9:24 AM, 13th October 2018, About 5 years ago

1). 65%
2). 9
3). Want to is one thing. Afford is another as to get a mortgage for the balance required will prove difficult for many tenants, especially as properties in London & the 50% of CGT as a deposit would work out at at best to only a deposit of 5%. Therefore I have to say a big fat ZERO.
4). ZERO
The Government would do better if they considered buying the property outright from the landlord at X% below market value, in this example equivalent to the 50% CGT saving, and they then allow the tenant to buy from them piecemeal akin to shared ownership. The upside to the landlord is i) they don't have to sell and can continue renting out their property but of course continue to face the deluge of legislation/taxation thrown at them ii) they can still sell privately on the open market to get the full price but of course will have to pay the full CGT on the calculated gain, or iii) they can sell to the Government below market value equivalent to half the CGT liability aslong as the landlord has no CGT to pay on the balance of capital gain and the sale value arrived at is equitable & fair & carried out by independent approved valuers. The downside to the Government is a drop in revenue stream as the landlord / renters market shrinks and they meanwhile take on the management of the property / tenant until the tenant has totally bought the property, BUT this shrinking revenue stream & the pain of being a landlord (which we PRS landlords face daily) is the price they have to pay for their desire to increase home ownership and to get rid of PRS landlords.

Grant Harris

9:31 AM, 13th October 2018, About 5 years ago

1. 4%
2. 2 households
3. 0%
4. 0%

Anne Noon

9:47 AM, 13th October 2018, About 5 years ago

I have 6 properties with 12 households.
1) 25%
2) 6 ,12
3) none
4) South African family, just don't want to commit , I guess; second family, have another property elsewhere which they let out. So i guess they don't count any way.
I don't know why my long standing tenant in my hmo does not want to buy. I have never even met him, but he pays his rent on time. He has had the opportunity to save up.a hefty deposit in the time he has been there!!.

Surely, we Landlords have rights too, this is akin to a cpo.

Over the 40 years I have let my rooms and properties to hundreds of people, from all over the world, providing them with homes.

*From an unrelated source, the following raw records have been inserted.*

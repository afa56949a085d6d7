//! The clock.
use crate::play::{Row, follow};
use crate::steps::{Ask, Step, Tell};
use std::test::Fail;

static TICKS: [Row; 38] = [
    (Step::By(1, Ask::SemOpen("s", 2)), "1 0"),
    (Step::By(1, Ask::SemWait(1, 0)), "0 0"),
    (Step::By(5, Ask::SleepMS(1000)), "waits"),
    (Step::By(2, Ask::SemWait(1, 1)), "waits"),
    (Step::By(3, Ask::Sleep(1)), "waits"),
    (Step::By(4, Ask::SemWait(1, -1)), "waits"),
    (Step::Script(Tell::Tick(999)), "0 0"),
    (Step::By(1, Ask::SysTime), "999 0"),
    (
        Step::Script(Tell::Tick(1)),
        "0 0; 2 gets 2 2; 3 gets 0 0; 5 gets 0 0",
    ),
    (
        Step::Tasks,
        "1 ready, 2 ready, 3 ready, 4 waits semaphore 1, 5 ready, live 1 2 3 4 5",
    ),
    // The lesser limit comes first, and of equal ones the lesser number.
    (Step::By(5, Ask::SleepMS(30)), "waits"),
    (Step::By(3, Ask::SleepMS(20)), "waits"),
    (Step::By(2, Ask::SleepMS(30)), "waits"),
    (Step::By(1, Ask::SleepMS(10)), "waits"),
    (
        Step::Tasks,
        "1 waits clock, 2 waits clock, 3 waits clock, 4 waits semaphore 1, 5 waits clock, live 1 2 3 4 5",
    ),
    (Step::Script(Tell::Tick(29)), "0 0; 1 gets 0 0; 3 gets 0 0"),
    (
        Step::Script(Tell::Tick(1000000)),
        "0 0; 2 gets 0 0; 5 gets 0 0",
    ),
    (Step::Script(Tell::Tick(0)), "0 0"),
    (Step::By(1, Ask::Sleep(-1)), "10 10"),
    (Step::By(1, Ask::SleepMS(-1)), "10 10"),
    (Step::By(1, Ask::Sleep(0)), "0 0"),
    (Step::By(1, Ask::SleepMS(0)), "0 0"),
    // Who is answered before the limit is not answered at it.
    (Step::By(2, Ask::SemWait(1, 1)), "waits"),
    (Step::By(1, Ask::SemSignal(1)), "0 0; 4 gets 0 0"),
    (Step::By(1, Ask::SemSignal(1)), "0 0; 2 gets 0 0"),
    (Step::Script(Tell::Tick(1000)), "0 0"),
    (Step::By(2, Ask::SemWait(1, 1)), "waits"),
    (Step::By(1, Ask::SemClose(1)), "0 0; 2 gets 1 1"),
    (Step::Script(Tell::Tick(1000)), "0 0"),
    (Step::By(3, Ask::Sleep(2147483647)), "waits"),
    // The clock is told modulo 2^32.
    (Step::By(1, Ask::SysTime), "1003029 0"),
    (Step::Script(Tell::Tick(2147483647)), "0 0"),
    (Step::By(1, Ask::SysTime), "-2146480620 0"),
    (Step::Script(Tell::Tick(2146480619)), "0 0"),
    (Step::By(1, Ask::SysTime), "-1 0"),
    (Step::Script(Tell::Tick(1)), "0 0"),
    (Step::By(1, Ask::SysTime), "0 0"),
    (
        Step::Tasks,
        "1 ready, 2 ready, 3 waits clock, 4 ready, 5 ready, live 1 2 3 4 5",
    ),
];

#[test]
fn a_tick_answers_those_whose_limit_has_come_in_their_order(rt: HostRuntime) -> Result<(), Fail> {
    follow(&rt, rt.alloc(), 5, &TICKS)
}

I realised then the only way I would have a decent retirement was to provide for myself, and have done so. Now the govt, having not provided enough housing -even though it was apparent 40 years ago there would be a need for more housing ( and population has increased by 12 million since then)- wants to raid our pension pots. Can't wait to extract myself from this now I am at retirement age.

Smithy

9:53 AM, 13th October 2018, About 5 years ago

1. 50%
2. 4 of 8
3. 0
4. 0
My longest tenancy is a lady of 75 who has been with me since 1994. She used to work p/t as a cleaner and has always been on HB. She came to me with two young grandchildren (cousins) who she brought up with no help from their parents. She is now a p/t carer for three great grandchildren. (I could write a book about that family.)
Out of 8 tenancies, 7 get HB - variously not working or working part time. The one remaining tenancy with both working (with a child and one on the way) - she is in regular work but he is in and out of work. I think they might like to buy but do not have any savings and would probably not be able to get or afford a mortgage.